## WHAT IS EXPECTED
Having read the material, return every line of it exactly.

··· DATA LISTING ···

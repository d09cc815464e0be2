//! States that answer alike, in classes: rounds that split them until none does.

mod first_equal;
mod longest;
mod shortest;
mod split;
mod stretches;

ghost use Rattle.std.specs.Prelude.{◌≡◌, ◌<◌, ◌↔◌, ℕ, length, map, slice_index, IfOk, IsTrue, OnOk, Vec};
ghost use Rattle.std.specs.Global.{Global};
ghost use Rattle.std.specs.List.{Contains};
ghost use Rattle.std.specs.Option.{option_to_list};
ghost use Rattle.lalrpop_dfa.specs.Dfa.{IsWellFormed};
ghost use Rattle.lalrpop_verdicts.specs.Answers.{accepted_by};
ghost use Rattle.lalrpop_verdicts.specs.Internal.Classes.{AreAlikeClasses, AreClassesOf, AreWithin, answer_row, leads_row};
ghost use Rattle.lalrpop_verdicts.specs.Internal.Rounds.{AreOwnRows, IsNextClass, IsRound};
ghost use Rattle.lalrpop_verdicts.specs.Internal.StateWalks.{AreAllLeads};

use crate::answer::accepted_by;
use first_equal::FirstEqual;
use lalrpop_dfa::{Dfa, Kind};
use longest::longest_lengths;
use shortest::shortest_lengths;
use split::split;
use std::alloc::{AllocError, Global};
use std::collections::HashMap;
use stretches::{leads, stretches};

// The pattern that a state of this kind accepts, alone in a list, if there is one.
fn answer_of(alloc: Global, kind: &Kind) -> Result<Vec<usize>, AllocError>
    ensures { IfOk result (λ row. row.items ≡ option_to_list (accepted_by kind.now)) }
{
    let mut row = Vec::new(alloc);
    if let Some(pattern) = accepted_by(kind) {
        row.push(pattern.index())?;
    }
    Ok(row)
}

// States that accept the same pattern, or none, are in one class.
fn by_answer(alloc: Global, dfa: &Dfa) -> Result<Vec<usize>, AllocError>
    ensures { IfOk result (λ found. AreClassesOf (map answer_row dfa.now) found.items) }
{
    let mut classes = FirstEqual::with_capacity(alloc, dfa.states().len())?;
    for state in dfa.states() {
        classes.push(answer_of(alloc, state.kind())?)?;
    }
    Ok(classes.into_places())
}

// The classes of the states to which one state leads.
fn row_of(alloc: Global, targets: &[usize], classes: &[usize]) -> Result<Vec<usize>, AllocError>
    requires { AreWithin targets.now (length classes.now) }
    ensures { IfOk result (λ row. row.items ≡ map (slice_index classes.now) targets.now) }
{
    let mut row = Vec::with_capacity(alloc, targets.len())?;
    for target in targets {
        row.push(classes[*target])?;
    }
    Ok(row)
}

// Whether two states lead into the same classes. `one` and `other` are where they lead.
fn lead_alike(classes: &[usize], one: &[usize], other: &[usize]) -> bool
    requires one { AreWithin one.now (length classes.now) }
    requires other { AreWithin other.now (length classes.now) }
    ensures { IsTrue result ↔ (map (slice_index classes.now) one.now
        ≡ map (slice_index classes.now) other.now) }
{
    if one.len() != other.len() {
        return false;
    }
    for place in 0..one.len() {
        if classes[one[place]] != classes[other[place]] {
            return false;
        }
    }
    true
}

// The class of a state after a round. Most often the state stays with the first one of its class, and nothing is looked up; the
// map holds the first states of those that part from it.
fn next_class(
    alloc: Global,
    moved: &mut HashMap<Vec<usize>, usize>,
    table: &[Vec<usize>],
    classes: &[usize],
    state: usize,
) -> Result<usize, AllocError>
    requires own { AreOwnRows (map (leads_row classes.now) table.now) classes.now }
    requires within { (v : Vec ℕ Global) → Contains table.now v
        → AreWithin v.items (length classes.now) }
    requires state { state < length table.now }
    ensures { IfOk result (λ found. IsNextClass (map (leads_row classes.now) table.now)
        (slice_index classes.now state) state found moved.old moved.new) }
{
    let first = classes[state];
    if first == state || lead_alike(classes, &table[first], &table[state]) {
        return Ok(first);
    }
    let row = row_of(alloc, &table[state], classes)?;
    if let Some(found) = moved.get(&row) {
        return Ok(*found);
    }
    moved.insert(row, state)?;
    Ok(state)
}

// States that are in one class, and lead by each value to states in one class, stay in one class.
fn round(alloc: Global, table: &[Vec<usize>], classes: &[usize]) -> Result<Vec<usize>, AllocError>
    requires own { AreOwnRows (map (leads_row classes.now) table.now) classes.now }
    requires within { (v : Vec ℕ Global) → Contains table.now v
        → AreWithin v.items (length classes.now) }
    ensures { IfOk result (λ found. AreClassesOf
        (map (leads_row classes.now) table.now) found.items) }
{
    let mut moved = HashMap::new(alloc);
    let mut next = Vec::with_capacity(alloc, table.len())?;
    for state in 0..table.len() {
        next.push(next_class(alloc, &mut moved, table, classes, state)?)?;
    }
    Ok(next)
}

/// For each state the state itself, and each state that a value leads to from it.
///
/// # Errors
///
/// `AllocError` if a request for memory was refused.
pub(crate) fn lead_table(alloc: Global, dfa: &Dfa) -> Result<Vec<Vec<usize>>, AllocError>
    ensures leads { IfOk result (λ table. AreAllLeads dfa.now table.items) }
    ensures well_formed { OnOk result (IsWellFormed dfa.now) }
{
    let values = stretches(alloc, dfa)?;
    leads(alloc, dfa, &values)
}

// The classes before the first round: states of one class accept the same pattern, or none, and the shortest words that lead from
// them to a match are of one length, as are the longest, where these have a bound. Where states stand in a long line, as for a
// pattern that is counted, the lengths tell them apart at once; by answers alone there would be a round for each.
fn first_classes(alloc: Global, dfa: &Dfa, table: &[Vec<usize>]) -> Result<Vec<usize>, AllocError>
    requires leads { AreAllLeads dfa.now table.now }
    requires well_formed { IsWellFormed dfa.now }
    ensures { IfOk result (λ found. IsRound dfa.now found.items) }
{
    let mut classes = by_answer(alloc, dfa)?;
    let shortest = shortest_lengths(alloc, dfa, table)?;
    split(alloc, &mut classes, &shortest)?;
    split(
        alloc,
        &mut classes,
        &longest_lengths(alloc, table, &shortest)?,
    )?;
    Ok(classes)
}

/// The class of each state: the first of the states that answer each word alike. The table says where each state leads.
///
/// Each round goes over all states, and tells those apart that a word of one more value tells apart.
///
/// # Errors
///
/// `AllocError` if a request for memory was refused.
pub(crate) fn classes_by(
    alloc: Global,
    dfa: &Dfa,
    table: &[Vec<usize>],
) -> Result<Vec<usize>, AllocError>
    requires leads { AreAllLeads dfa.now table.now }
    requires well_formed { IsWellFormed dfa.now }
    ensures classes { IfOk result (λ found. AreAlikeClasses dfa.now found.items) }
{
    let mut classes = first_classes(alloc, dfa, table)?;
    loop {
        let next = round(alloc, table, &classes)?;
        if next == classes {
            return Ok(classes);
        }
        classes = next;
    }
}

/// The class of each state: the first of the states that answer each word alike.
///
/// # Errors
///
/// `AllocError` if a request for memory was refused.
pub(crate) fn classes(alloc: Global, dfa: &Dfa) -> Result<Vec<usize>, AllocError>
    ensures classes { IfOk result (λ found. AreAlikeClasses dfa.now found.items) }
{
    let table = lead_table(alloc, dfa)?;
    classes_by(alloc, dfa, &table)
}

···

## SOLUTION FOR THIS EXERCISE
repository d09cc815464e0be2
//! States that answer alike, in classes: rounds that split them until none does.

mod first_equal;
mod longest;
mod shortest;
mod split;
mod stretches;

ghost use Rattle.std.specs.Prelude.{◌≡◌, ◌<◌, ◌↔◌, ℕ, length, map, slice_index, IfOk, IsTrue, OnOk, Vec};
ghost use Rattle.std.specs.Global.{Global};
ghost use Rattle.std.specs.List.{Contains};
ghost use Rattle.std.specs.Option.{option_to_list};
ghost use Rattle.lalrpop_dfa.specs.Dfa.{IsWellFormed};
ghost use Rattle.lalrpop_verdicts.specs.Answers.{accepted_by};
ghost use Rattle.lalrpop_verdicts.specs.Internal.Classes.{AreAlikeClasses, AreClassesOf, AreWithin, answer_row, leads_row};
ghost use Rattle.lalrpop_verdicts.specs.Internal.Rounds.{AreOwnRows, IsNextClass, IsRound};
ghost use Rattle.lalrpop_verdicts.specs.Internal.StateWalks.{AreAllLeads};

use crate::answer::accepted_by;
use first_equal::FirstEqual;
use lalrpop_dfa::{Dfa, Kind};
use longest::longest_lengths;
use shortest::shortest_lengths;
use split::split;
use std::alloc::{AllocError, Global};
use std::collections::HashMap;
use stretches::{leads, stretches};

// The pattern that a state of this kind accepts, alone in a list, if there is one.
fn answer_of(alloc: Global, kind: &Kind) -> Result<Vec<usize>, AllocError>
    ensures { IfOk result (λ row. row.items ≡ option_to_list (accepted_by kind.now)) }
{
    let mut row = Vec::new(alloc);
    if let Some(pattern) = accepted_by(kind) {
        row.push(pattern.index())?;
    }
    Ok(row)
}

// States that accept the same pattern, or none, are in one class.
fn by_answer(alloc: Global, dfa: &Dfa) -> Result<Vec<usize>, AllocError>
    ensures { IfOk result (λ found. AreClassesOf (map answer_row dfa.now) found.items) }
{
    let mut classes = FirstEqual::with_capacity(alloc, dfa.states().len())?;
    for state in dfa.states() {
        classes.push(answer_of(alloc, state.kind())?)?;
    }
    Ok(classes.into_places())
}

// The classes of the states to which one state leads.
fn row_of(alloc: Global, targets: &[usize], classes: &[usize]) -> Result<Vec<usize>, AllocError>
    requires { AreWithin targets.now (length classes.now) }
    ensures { IfOk result (λ row. row.items ≡ map (slice_index classes.now) targets.now) }
{
    let mut row = Vec::with_capacity(alloc, targets.len())?;
    for target in targets {
        row.push(classes[*target])?;
    }
    Ok(row)
}

// Whether two states lead into the same classes. `one` and `other` are where they lead.
fn lead_alike(classes: &[usize], one: &[usize], other: &[usize]) -> bool
    requires one { AreWithin one.now (length classes.now) }
    requires other { AreWithin other.now (length classes.now) }
    ensures { IsTrue result ↔ (map (slice_index classes.now) one.now
        ≡ map (slice_index classes.now) other.now) }
{
    if one.len() != other.len() {
        return false;
    }
    for place in 0..one.len() {
        if classes[one[place]] != classes[other[place]] {
            return false;
        }
    }
    true
}

// The class of a state after a round. Most often the state stays with the first one of its class, and nothing is looked up; the
// map holds the first states of those that part from it.
fn next_class(
    alloc: Global,
    moved: &mut HashMap<Vec<usize>, usize>,
    table: &[Vec<usize>],
    classes: &[usize],
    state: usize,
) -> Result<usize, AllocError>
    requires own { AreOwnRows (map (leads_row classes.now) table.now) classes.now }
    requires within { (v : Vec ℕ Global) → Contains table.now v
        → AreWithin v.items (length classes.now) }
    requires state { state < length table.now }
    ensures { IfOk result (λ found. IsNextClass (map (leads_row classes.now) table.now)
        (slice_index classes.now state) state found moved.old moved.new) }
{
    let first = classes[state];
    if first == state || lead_alike(classes, &table[first], &table[state]) {
        return Ok(first);
    }
    let row = row_of(alloc, &table[state], classes)?;
    if let Some(found) = moved.get(&row) {
        return Ok(*found);
    }
    moved.insert(row, state)?;
    Ok(state)
}

// States that are in one class, and lead by each value to states in one class, stay in one class.
fn round(alloc: Global, table: &[Vec<usize>], classes: &[usize]) -> Result<Vec<usize>, AllocError>
    requires own { AreOwnRows (map (leads_row classes.now) table.now) classes.now }
    requires within { (v : Vec ℕ Global) → Contains table.now v
        → AreWithin v.items (length classes.now) }
    ensures { IfOk result (λ found. AreClassesOf
        (map (leads_row classes.now) table.now) found.items) }
{
    let mut moved = HashMap::new(alloc);
    let mut next = Vec::with_capacity(alloc, table.len())?;
    for state in 0..table.len() {
        next.push(next_class(alloc, &mut moved, table, classes, state)?)?;
    }
    Ok(next)
}

/// For each state the state itself, and each state that a value leads to from it.
///
/// # Errors
///
/// `AllocError` if a request for memory was refused.
pub(crate) fn lead_table(alloc: Global, dfa: &Dfa) -> Result<Vec<Vec<usize>>, AllocError>
    ensures leads { IfOk result (λ table. AreAllLeads dfa.now table.items) }
    ensures well_formed { OnOk result (IsWellFormed dfa.now) }
{
    let values = stretches(alloc, dfa)?;
    leads(alloc, dfa, &values)
}

// The classes before the first round: states of one class accept the same pattern, or none, and the shortest words that lead from
// them to a match are of one length, as are the longest, where these have a bound. Where states stand in a long line, as for a
// pattern that is counted, the lengths tell them apart at once; by answers alone there would be a round for each.
fn first_classes(alloc: Global, dfa: &Dfa, table: &[Vec<usize>]) -> Result<Vec<usize>, AllocError>
    requires leads { AreAllLeads dfa.now table.now }
    requires well_formed { IsWellFormed dfa.now }
    ensures { IfOk result (λ found. IsRound dfa.now found.items) }
{
    let mut classes = by_answer(alloc, dfa)?;
    let shortest = shortest_lengths(alloc, dfa, table)?;
    split(alloc, &mut classes, &shortest)?;
    split(
        alloc,
        &mut classes,
        &longest_lengths(alloc, table, &shortest)?,
    )?;
    Ok(classes)
}

/// The class of each state: the first of the states that answer each word alike. The table says where each state leads.
///
/// Each round goes over all states, and tells those apart that a word of one more value tells apart.
///
/// # Errors
///
/// `AllocError` if a request for memory was refused.
pub(crate) fn classes_by(
    alloc: Global,
    dfa: &Dfa,
    table: &[Vec<usize>],
) -> Result<Vec<usize>, AllocError>
    requires leads { AreAllLeads dfa.now table.now }
    requires well_formed { IsWellFormed dfa.now }
    ensures classes { IfOk result (λ found. AreAlikeClasses dfa.now found.items) }
{
    let mut classes = first_classes(alloc, dfa, table)?;
    loop {
        let next = round(alloc, table, &classes)?;
        if next == classes {
            return Ok(classes);
        }
        classes = next;
    }
}

/// The class of each state: the first of the states that answer each word alike.
///
/// # Errors
///
/// `AllocError` if a request for memory was refused.
pub(crate) fn classes(alloc: Global, dfa: &Dfa) -> Result<Vec<usize>, AllocError>
    ensures classes { IfOk result (λ found. AreAlikeClasses dfa.now found.items) }
{
    let table = lead_table(alloc, dfa)?;
    classes_by(alloc, dfa, &table)
}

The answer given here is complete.